No one knows what's the time scale for transformation. There has been some lab work at temperatures less than 80K, but Europa's surface is warmer than that and the time scales are sure to be longer at higher temperatures."

If hexagonal ice is discovered, it will certainly spur new lab experiments that measure the transformation time, which will in turn set limits on the age of the hexagonal ice. In that way scientists will be able to "date" cryo-volcanic activity on Europa more precisely than ever before, and possibly draw definitive conclusions about modern-day Europan oceans.

Many scientists would love to travel to Europa to study conditions there first-hand, but regular flights to Jupiter probably won't begin for some time. Meanwhile, there is an environment right here on Earth with significant similarities to Europa, a place called Lake Vostok.

In 1974, a team of scientists conducting airborne research passed over the Soviet research station Vostok in Antarctica. Their sounding instruments detected an expanse of water beneath the ice roughly the size of Lake Ontario.

Although Antarctica records some of the coldest temperatures on Earth, Lake Vostok is buried under four kilometers of ice. The ice sheet acts as a blanket, shielding the lake from cold temperatures on the surface. It is also thought that geothermal heat helps keep the water liquid.

Last year, Richard Hoover of NASA's Marshall Space Sciences Lab and Dr. S.S. Abyzov of the Russian Academy of Sciences used an Environmental Scanning Electron Microscope to examine ice cores from above Lake Vostok for evidence of microbiotic life. What they found surprised them.

"We've found some really bizarre things - things that we've never seen before," said Hoover. "There are all sorts of microorganisms in the ice. Some are readily recognizable as cyanobacteria, bacteria, fungi, spores, pollen grains, and diatoms, but some are not recognizable as anything we've ever seen before."

Hoover is about to begin new studies of the deep ice microorganisms in collaboration with Academician Mikhail V. Ivanov, Director of the Institute of Microbiology of the Russian Academy of Sciences to search for microorganisms in very deep samples of Vostok ice. The extremely deep ice samples from approximately 100 meters above the surface of the lake (about 400,000 years old) were obtained by an international team of US, Russian, and French scientists.
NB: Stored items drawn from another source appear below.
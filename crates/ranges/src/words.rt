// Routes as 64-bit keys, which sort as their first parts do; ranges.
ghost use Rattle.std.specs.Prelude.{◌≡◌};
ghost use Rattle.route.specs.Shown.{route_of};
ghost use Rattle.ranges.specs.Keys.{key_of, route_in};

use route::{Hop, Length, Prefix, Route, order};

// A range: where it starts, and its hop.
#[derive(Clone, Copy, PartialEq, Eq)]
pub struct Range {
    pub start: u32,
    pub hop: Option<Hop>,
}

// A route as one number, so that two keys are compared at once. Keys come as their addresses do, then as their lengths and their hops.
#[derive(Clone, Copy, PartialEq, Eq, PartialOrd, Ord)]
pub(crate) struct Key(pub u64);

impl From<Route> for Key {
    ghost from_gives = { λ r k. k ≡ key_of (route_of r) };

    fn from(r: Route) -> Key {
        Key(order::key_of(r.prefix) * 65536 + (r.hop.0 as u64))
    }
}

impl From<Key> for Route {
    ghost from_gives = { λ k r. route_of r ≡ route_in k };

    fn from(k: Key) -> Route {
        let prefix = Prefix {
            address: (k.0 / 4194304 % 4294967296) as u32,
            length: Length((k.0 / 65536 % 64) as u32),
        };
        Route {
            prefix,
            hop: Hop((k.0 % 65536) as u32),
        }
    }
}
It's possible that Europa and Lake Vostok share a number of remarkable properties, including a kilometers-thick covering of ice over liquid water, an environment where life may have developed along unique evolutionary paths and subterranean waterways accessible to remote observation via radio sounding techniques and in situ observations by means of melting probes.

A group of scientists and engineers from JPL, The University of Nebraska, and the Woods Hole Oceanographic Institute have begun a research program to identify technologies needed for the exploration of both Lake Vostok and Europa.
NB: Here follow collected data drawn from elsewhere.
// The lookup in lent ranges: one pass over the rows, without an exit, tests the rules behind the first
// range and counts the starts at or below the address. Starts rise, so the range that is sought stands
// so many places behind the first. Where a rule is broken, a pass range by range finds the place.
ghost use Rattle.std.specs.Prelude.{◌≡◌, ◌+◌, ◌<◌, ◌≤◌, length, IfOk, IfErr};
ghost use Rattle.route.specs.Refusals.{fine, fault};
ghost use Rattle.route.specs.Shown.{number, place, verdict_of, shown};
ghost use Rattle.ranges.specs.Ranges.{max_ranges, breaks, first_breaks, size_fault, range_lookup, table_lookup, ranges};
ghost use Rattle.ranges.specs.Shown.{range_of};
ghost use Rattle.ranges.specs.Loops.{range_at, behind_fault, behind_answer};

use crate::MAX_RANGES;
use crate::words::Range;
use route::{Hop, MAX_HOP, Refusal};

// Ranges in two rows of one length: where each starts, and its hop.
#[derive(Clone, Copy)]
struct Ranges<'a> {
    starts: &'a [u32],
    hops: &'a [u32],
    ghost equal: { length starts.now ≡ length hops.now },
    ghost few: { length starts.now ≤ max_ranges },
}

// Whether the first range of a table breaks a rule.
fn first_breaks(r: Range) -> bool
    ensures { result ≡ first_breaks (range_of r) }
{
    (r.start != 0) | (MAX_HOP < Hop::number_of(r.hop))
}

// Whether a range breaks a rule behind the range p. By its hop's number, since `Some(Hop(0))` shows as
// none does.
fn breaks(p: Range, r: Range) -> bool
    ensures { result ≡ breaks (range_of p) (range_of r) }
{
    let hop = Hop::number_of(r.hop);
    (r.start <= p.start) | (hop == Hop::number_of(p.hop)) | (MAX_HOP < hop)
}

impl<'a> Ranges<'a> {
    // The ranges that two rows say, or refusal 8: unequal rows, or too many ranges.
    fn new(starts: &'a [u32], hops: &'a [u32]) -> Result<Ranges<'a>, Refusal>
        ensures ok { IfOk result (λ t. (fine ≡ size_fault starts.now hops.now) × (t.starts.now ≡ starts.now) × (t.hops.now ≡ hops.now)) }
        ensures err { IfErr result (λ r. fault (number r) (place r) ≡ size_fault starts.now hops.now) }
    {
        let n = starts.len();
        if !((n == hops.len()) & (n <= MAX_RANGES)) {
            return Err(Refusal::Size);
        }
        Ok(Ranges { starts, hops })
    }

    fn len(&self) -> usize
        ensures { result ≡ length self.now.starts.now }
    {
        self.starts.len()
    }

    // Range i.
    fn range(&self, i: usize) -> Range
        requires { i < length self.now.starts.now }
        ensures { range_of result ≡ range_at self.now.starts.now self.now.hops.now i }
    {
        Range {
            start: self.starts[i],
            hop: Hop::new(self.hops[i]),
        }
    }

    // Whether the range behind range i breaks a rule.
    fn breaks_behind(&self, i: usize) -> bool
        requires { i + 1 < length self.now.starts.now }
        ensures { result ≡ breaks (range_at self.now.starts.now self.now.hops.now i) (range_at self.now.starts.now self.now.hops.now (i + 1)) }
    {
        breaks(self.range(i), self.range(i + 1))
    }

    // Range by range refusal 7 of those behind the first.
    #[cold]
    fn check_behind(&self) -> Result<(), Refusal>
        requires { 0 < length self.now.starts.now }
        ensures { verdict_of result ≡ behind_fault self.now.starts.now self.now.hops.now 0 }
    {
        for i in 0..self.len() - 1 {
            if self.breaks_behind(i) {
                return Err(Refusal::Image(i + 1));
            }
        }
        Ok(())
    }

    // The ranges behind the first: each is tested, and those that start at or below q are counted.
    fn look_behind(&self, q: u32) -> Result<Option<Hop>, Refusal>
        requires { 0 < length self.now.starts.now }
        ensures { shown result ≡ behind_answer self.now.starts.now self.now.hops.now 0 q }
    {
        let mut bad = false;
        let mut below = 0u32;
        for i in 0..self.len() - 1 {
            bad |= self.breaks_behind(i);
            below += (self.starts[i + 1] <= q) as u32;
        }
        if bad {
            self.check_behind()?;
        }
        Ok(Hop::new(self.hops[below as usize]))
    }

    // The hop of the last range that starts at or below q, or refusal 7.
    fn lookup(&self, q: u32) -> Result<Option<Hop>, Refusal>
        ensures { shown result ≡ table_lookup (ranges self.now.starts.now self.now.hops.now) q }
    {
        if self.len() == 0 {
            return Err(Refusal::Image(0));
        }
        if first_breaks(self.range(0)) {
            return Err(Refusal::Image(0));
        }
        self.look_behind(q)
    }
}

// Looks q up in a range table: refusal 8 or 7, else the hop of the last range that starts at or
// below q.
pub fn lookup(starts: &[u32], range_hops: &[u32], q: u32) -> Result<Option<Hop>, Refusal>
    ensures { shown result ≡ range_lookup starts.now range_hops.now q }
{
    let ranges = Ranges::new(starts, range_hops)?;
    ranges.lookup(q)
}
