// The build: the merged ranges of a list, written to two lent rows.
//
// The list is tested, its prefixes are sorted, the sweep makes the ranges in scratch of this call's
// own, and the room is tested: only then is the first cell written. The scratch is larger for a
// longer list, so that a short one does not pay for clearing it; each size is in a frame of its own.
ghost use Rattle.std.specs.Prelude.{◌≡◌, ◌*◌, ◌<◌, ◌≤◌, map, length};
ghost use Rattle.route.specs.Entries.{routes_of};
ghost use Rattle.route.specs.Shown.{counted};
ghost use Rattle.route.specs.Rows.{overwritten};
ghost use Rattle.ranges.specs.Ranges.{max_ranges, starts_of, hops_of};
ghost use Rattle.ranges.specs.Shown.{range_of};
ghost use Rattle.ranges.specs.Builds.{IsBuilt};
ghost use Rattle.ranges.specs.Keys.{keys_of};
ghost use Rattle.ranges.specs.Loops.{Accepted};

use crate::Built;
use crate::shuffle::shuffle;
use crate::sweep::Sweep;
use crate::words::{Key, Range};
use route::list::List;
use route::{Hop, Refusal};

// The keys of a list's prefixes.
fn pack(list: &List, keys: &mut [Key])
    requires { length keys.old ≡ length list.now.addresses.now }
    ensures { keys.new ≡ keys_of (routes_of list.now) }
{
    for i in 0..list.len() {
        keys[i] = Key::from(list.entry(i));
    }
}

// Writes ranges to the front of two rows. The rows are a parameter each: if a struct kept them, each
// contract would have to name the references in it.
fn write_rows(ranges: &[Range], starts: &mut [u32], range_hops: &mut [u32])
    requires { (length ranges.now ≤ length starts.old) × (length ranges.now ≤ length range_hops.old) }
    ensures starts_after { starts.new ≡ overwritten (starts_of (map range_of ranges.now)) starts.old }
    ensures range_hops_after { range_hops.new ≡ overwritten (hops_of (map range_of ranges.now)) range_hops.old }
{
    for (i, r) in ranges.iter().enumerate() {
        starts[i] = r.start;
        range_hops[i] = Hop::number_of(r.hop);
    }
}

// The build of a list that has been tested, with scratch: a key for each entry, room for as many
// ranges as there can be.
fn build_in(
    list: &List,
    starts: &mut [u32],
    range_hops: &mut [u32],
    keys: &mut [Key],
    ranges: &mut [Range],
) -> Result<usize, Refusal>
    requires accepted { Accepted list.now }
    requires keys_len { (length keys.old ≡ length list.now.addresses.now) × (2 * length keys.old < length ranges.old) }
    ensures { IsBuilt 32 list.now.addresses.now list.now.lengths.now list.now.hops.now starts.old range_hops.old (counted result) starts.new range_hops.new }
{
    pack(list, keys);
    shuffle(keys);
    keys.sort_unstable();
    let made = Sweep::new(keys, ranges).run();
    if (starts.len() < made.len()) | (range_hops.len() < made.len()) {
        return Err(Refusal::Room);
    }
    write_rows(made, starts, range_hops);
    Ok(made.len())
}

// The same with scratch of so many keys and ranges.
#[inline(never)]
fn build_with<const KEYS: usize, const RANGES: usize>(
    list: &List,
    starts: &mut [u32],
    range_hops: &mut [u32],
) -> Result<usize, Refusal>
    requires accepted { Accepted list.now }
    requires scratch { (length list.now.addresses.now ≤ KEYS) × (2 * KEYS < RANGES) × (RANGES ≤ max_ranges) }
    ensures { IsBuilt 32 list.now.addresses.now list.now.lengths.now list.now.hops.now starts.old range_hops.old (counted result) starts.new range_hops.new }
{
    let mut keys = [Key(0); KEYS];
    let mut ranges = [Range {
        start: 0,
        hop: None,
    }; RANGES];
    build_in(
        list,
        starts,
        range_hops,
        &mut keys[..list.len()],
        &mut ranges,
    )
}

// Builds the merged ranges of a list in the front of two rows: how many there are, or refusals 8, 1
// to 4 as of `list::check`, or 9 where a row is shorter than that. A refusal leaves both rows as they
// were.
pub fn build(
    addresses: &[u32],
    lengths: &[u32],
    hops: &[u32],
    starts: &mut [u32],
    range_hops: &mut [u32],
) -> Built
    ensures { IsBuilt 32 addresses.now lengths.now hops.now starts.old range_hops.old (counted result) starts.new range_hops.new }
{
    let list = List::new(addresses, lengths, hops)?;
    list.check()?;
    match list.len() {
        0..=64 => build_with::<64, 129>(&list, starts, range_hops),
        65..=1024 => build_with::<1024, 2049>(&list, starts, range_hops),
        _ => build_with::<4096, 8193>(&list, starts, range_hops),
    }
}
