impl AgentBegun {
    /// Whether a flit may be due of a request or a snoop from before.
    fn may_be_left_over(self) -> bool
        ensures { result ≡ (self.asked || self.snooped) }
    {
        self.asked || self.snooped
    }

    /// Whether the flit may be due of a request or a snoop from before.
    fn is_left_over(self, flit: Flit) -> bool
        ensures { result ≡ is_left_over self flit }
    {
        match flit {
            Flit::Up(sent) => match sent.act {
                Act::CompAck | Act::CopyBackWrData(_) | Act::NonCopyBackWrData => self.asked,
                Act::SnpResp(_) => self.snooped,
                Act::Request(_) | Act::Resend(_) | Act::Load(_) | Act::Store(_) => false,
            },
            Flit::Down(given) => self.asked && !matches!(given.grant, Grant::Snp(_)),
        }
    }

    /// What the agent may be that the flit is of or to.
    fn supposed(self, seen: AgentSeen, flit: Flit) -> AgentSeen
        ensures { result ≡ agent_supposed self flit seen }
    {
        let told = self.copy.supposed(seen.told, supposed_told(flit, seen.due));
        let due = if self.asked {
            supposed_due(flit)
        } else {
            seen.due
        };
        AgentSeen { told, due, ..seen }
    }

    /// Whether the flit leaves open whether there was a store that nobody saw; `snooped` is the snoop that isn't
    /// answered.
    fn blurs(self, flit: Flit, snooped: Option<Snoop>) -> bool
        ensures { result ≡ blurs self flit snooped }
    {
        match flit {
            Flit::Up(sent) => {
                (self.asked || !self.copy.is_told()) && may_tell_stored(sent.act, lets_go(snooped))
            }
            Flit::Down(_) => false,
        }
    }

    /// What may be from before behind the flit.
    fn behind(self, flit: Flit, due: Due) -> AgentBegun
        ensures { result ≡ mark_behind self flit due }
    {
        match flit {
            Flit::Up(sent) => AgentBegun {
                copy: self.copy.sent(sent.act),
                asked: self.asked && !matches!(sent.act, Act::Request(_) | Act::Resend(_)),
                snooped: self.snooped,
            },
            Flit::Down(given) => AgentBegun {
                copy: self.copy.granted(given.grant, due),
                asked: self.asked,
                snooped: self.snooped && is_due(given.grant, due, Some(Snoop::SnpOnce)),
            },
        }
    }

    /// What is kept of an agent that the rules leave so.
    fn settled(self, seen: AgentSeen) -> AgentSeen
        ensures { result ≡ agent_kept self seen }
    {
        let told = match self.copy {
            Certainty::Told => seen.told,
            Certainty::Unique => Told::UCOrUCE,
            Certainty::Unknown => Told::I,
        };
        let due = if self.asked { LEFT_OVER } else { seen.due };
        AgentSeen { told, due, ..seen }
    }
}

/// Whether one of both holds.
fn is_either(one: bool, other: bool) -> bool
    ensures { result ≡ (one || other) }
{
    one || other
}

/// The words that are known, unless the flit leaves them open.
fn words_unless(blurred: bool, known: Option<Data>) -> Option<Data>
    ensures { result ≡ (if blurred then None else known) }
{
    if blurred { None } else { known }
}

/// The agent of a flit.
fn agent_of(flit: Flit) -> Agent
    ensures { result.0 ≡ agent_in flit }
{
    match flit {
        Flit::Up(sent) => sent.agent,
        Flit::Down(given) => given.agent,
    }
}

/// A copy from which the kind may be issued, of those that go with the most.
fn supposed_issuer(kind: Kind) -> Told
    ensures { result ≡ issuer kind }
{
    match kind {
        Kind::WriteBackFull | Kind::WriteCleanFull => Told::SD,
        Kind::WriteEvictFull => Told::UC,
        Kind::Evict => Told::SC,
        Kind::ReadNotSharedDirty
        | Kind::ReadShared
        | Kind::ReadClean
        | Kind::ReadOnce
        | Kind::ReadUnique
        | Kind::CleanUnique
        | Kind::MakeUnique
        | Kind::CleanShared
        | Kind::CleanInvalid
        | Kind::MakeInvalid
        | Kind::WriteUniqueFull => Told::I,
    }
}
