// Whole blocks by XOR.
ghost use Rattle.std.specs.Prelude.{◌≡◌};
ghost use Rattle.bits.specs.Xor.{xor_bytes};

use std::array;

pub fn xor_block(a: [u8; 16], b: [u8; 16]) -> [u8; 16]
    ensures { result ≡ xor_bytes a b }
{
    array::from_fn(|i| a[i] ^ b[i])
}
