// A register of 16 bytes that is shifted.
ghost use Rattle.std.specs.Prelude.{◌≡◌, ◌++◌, take, drop};
ghost use Rattle.bits.specs.Texts.{bits, pack_to};

use crate::shift::two_bytes;

// The register's first n bits leave, and the segment's first n bits enter at the end.
pub fn shift_in(register: [u8; 16], segment: [u8; 16], n: usize) -> [u8; 16]
    ensures { result ≡ pack_to 16 (drop n (bits register) ++ take n (bits segment)) }
{
    if n >= 128 {
        return segment;
    }
    let both = join(register, segment);
    let first = n / 8;
    let r = n % 8;
    let mut out = [0u8; 16];
    // By index: of array::from_fn LLVM makes half as many instructions more.
    for i in 0..16 {
        out[i] = two_bytes(both[first + i], both[first + i + 1], r);
    }
    out
}

fn join(a: [u8; 16], b: [u8; 16]) -> [u8; 32]
    ensures { result ≡ a ++ b }
{
    let mut both = [0u8; 32];
    both[..16].copy_from_slice(&a);
    both[16..].copy_from_slice(&b);
    both
}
This program benefits researchers interested in both areas - Vostok is very difficult to explore with current technology, but with the infusion of NASA technology a safe entry may be possible for the first time. At the same time, Europa explorers will benefit from experience obtained at Vostok and similar places. The program is studying designs for a cryobot vehicle that would penetrate a thick icy crust and a companion hydrobot vehicle that would explore subterranean waterways looking for signs of microbial life.
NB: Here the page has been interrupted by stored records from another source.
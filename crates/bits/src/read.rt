// Bits read from a slice. Bits past its end are 0.
ghost use Rattle.std.specs.Prelude.{◌≡◌, ◌+◌, ◌*◌, ◌≤◌, ◌<◌, get_or, take, drop};
ghost use Rattle.bits.specs.Texts.{bits, pack_to};

use crate::shift::{first_bits, two_bytes};
use std::array;

// Byte k, or 0 past the end.
pub fn byte_at(s: &[u8], k: usize) -> u8
    ensures { result ≡ get_or s.now k 0 }
{
    s.get(k).copied().unwrap_or(0)
}

// The n bits from bit `offset` on, at most 128, from the left of the result on.
pub fn window(s: &[u8], offset: usize, n: usize) -> [u8; 16]
    ensures { result ≡ pack_to 16 (take n (drop offset (bits s.now))) }
{
    if n < 128 {
        part_of_block(s, offset, n)
    } else {
        whole_block(s, offset)
    }
}

fn part_of_block(s: &[u8], offset: usize, n: usize) -> [u8; 16]
    requires { n < 128 }
    ensures { result ≡ pack_to 16 (take n (drop offset (bits s.now))) }
{
    let mut out = bytes_from(s, offset, n.div_ceil(8));
    let used = n % 8;
    if used != 0 {
        let last = n / 8;
        out[last] = first_bits(out[last], used);
    }
    out
}

// A block at a byte's place, as in all modes but CFB, is copied, which is some ten times as fast.
fn whole_block(s: &[u8], offset: usize) -> [u8; 16]
    ensures { result ≡ pack_to 16 (drop offset (bits s.now)) }
{
    let first = offset / 8;
    if offset % 8 == 0 && first + 16 <= s.len() {
        return array::from_fn(|i| s[first + i]);
    }
    bytes_from(s, offset, 16)
}

// `count` whole bytes from bit `offset` on, then bytes 0.
fn bytes_from(s: &[u8], offset: usize, count: usize) -> [u8; 16]
    requires { count ≤ 16 }
    ensures { result ≡ pack_to 16 (take (count * 8) (drop offset (bits s.now))) }
{
    let mut out = [0u8; 16];
    let first = offset / 8;
    let r = offset % 8;
    let mut high = byte_at(s, first);
    for i in 0..count {
        let low = byte_at(s, first + i + 1);
        out[i] = two_bytes(high, low, r);
        high = low;
    }
    out
}
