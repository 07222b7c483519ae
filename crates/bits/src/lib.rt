// Bytes as bits: a window, a register's shift, bits put in place; XOR of blocks.
#![tactic(auto)]

mod block;
mod place;
mod read;
mod register;
mod shift;

pub use block::xor_block;
pub use place::put_bits;
pub use read::window;
pub use register::shift_in;
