// The block functions Enc and Dec, under given rounds and round keys. These are two arguments and no struct: a session
// holds them as fields of its own, with any rounds.
ghost use Rattle.std.specs.Prelude.{◌≡◌, true};
ghost use Rattle.cipher.specs.Cipher.{cipher, inv_cipher, rounds_ok, Enc, Dec};

pub fn rounds_ok(rounds: usize) -> bool
    ensures { result ≡ rounds_ok rounds }
{
    matches!(rounds, 10 | 12 | 14)
}

// Section 5.1. The table is held in a local, once a block.
fn cipher_block(rounds: usize, keys: &[u8; 240], block: [u8; 16]) -> [u8; 16]
    requires { rounds_ok rounds ≡ true }
    ensures { result ≡ cipher rounds keys.now block }
{
    let table = boxes::sbox();
    let mut s = steps::add_round_key(keys, 0, steps::load(block));
    for round in 1..rounds {
        let mixed = steps::mix_columns(steps::shift_rows(steps::sub_bytes(&table, s)));
        s = steps::add_round_key(keys, round, mixed);
    }
    let shifted = steps::shift_rows(steps::sub_bytes(&table, s));
    steps::store(steps::add_round_key(keys, rounds, shifted))
}

// Section 5.3.
fn inv_cipher_block(rounds: usize, keys: &[u8; 240], block: [u8; 16]) -> [u8; 16]
    requires { rounds_ok rounds ≡ true }
    ensures { result ≡ inv_cipher rounds keys.now block }
{
    let table = boxes::inv_sbox();
    let mut s = steps::add_round_key(keys, rounds, steps::load(block));
    for round in (1..rounds).rev() {
        let subbed = steps::sub_bytes(&table, steps::inv_shift_rows(s));
        s = steps::inv_mix_columns(steps::add_round_key(keys, round, subbed));
    }
    let subbed = steps::sub_bytes(&table, steps::inv_shift_rows(s));
    steps::store(steps::add_round_key(keys, 0, subbed))
}

// Enc. Zero bytes under rounds other than 10, 12 and 14.
pub fn encrypt_block(rounds: usize, keys: &[u8; 240], block: [u8; 16]) -> [u8; 16]
    ensures { result ≡ Enc rounds keys.now block }
{
    if rounds_ok(rounds) {
        cipher_block(rounds, keys, block)
    } else {
        [0; 16]
    }
}

// Dec. Zero bytes under rounds other than 10, 12 and 14.
pub fn decrypt_block(rounds: usize, keys: &[u8; 240], block: [u8; 16]) -> [u8; 16]
    ensures { result ≡ Dec rounds keys.now block }
{
    if rounds_ok(rounds) {
        inv_cipher_block(rounds, keys, block)
    } else {
        [0; 16]
    }
}
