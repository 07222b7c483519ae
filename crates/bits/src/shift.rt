// Bytes at a bit offset: each is made of two neighbours.
ghost use Rattle.std.specs.Prelude.{◌≡◌, ◌+◌, ◌-◌, ◌*◌, ◌/◌, ◌%◌, ◌^◌, ◌≤◌};

// The byte that starts r bits into `high`, which `low` follows.
pub fn two_bytes(high: u8, low: u8, r: usize) -> u8
    requires { r ≤ 8 }
    ensures { result ≡ (high * 256 + low) / 2 ^ (8 - r) % 256 }
{
    let pair = u32::from(high) * 256 + u32::from(low);
    ((pair >> (8 - r)) % 256) as u8
}

// The first k bits of a byte, with 0 bits after them.
pub fn first_bits(b: u8, k: usize) -> u8
    requires { k ≤ 8 }
    ensures { result ≡ b / 2 ^ (8 - k) * 2 ^ (8 - k) }
{
    let spare = 8 - k;
    ((u16::from(b) >> spare) << spare) as u8
}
One of the highest mission priorities for any exploration of Lake Vostok or Europa is to avoid environmental contamination.

"Lake Vostok is an incredibly precious resource," Richard Hoover said in a Feb. 1999, interview, "and it would be a colossal mistake to take samples before it can be done without contaminating the waters with chemicals or surface microorganisms."

Lake Vostok is clearly a valuable new laboratory for astrobiologists, and they intend to proceed very carefully. Whatever we learn from this mysterious Antarctic lake will undoubtedly influence future missions to search for and explore the waterways of Europa.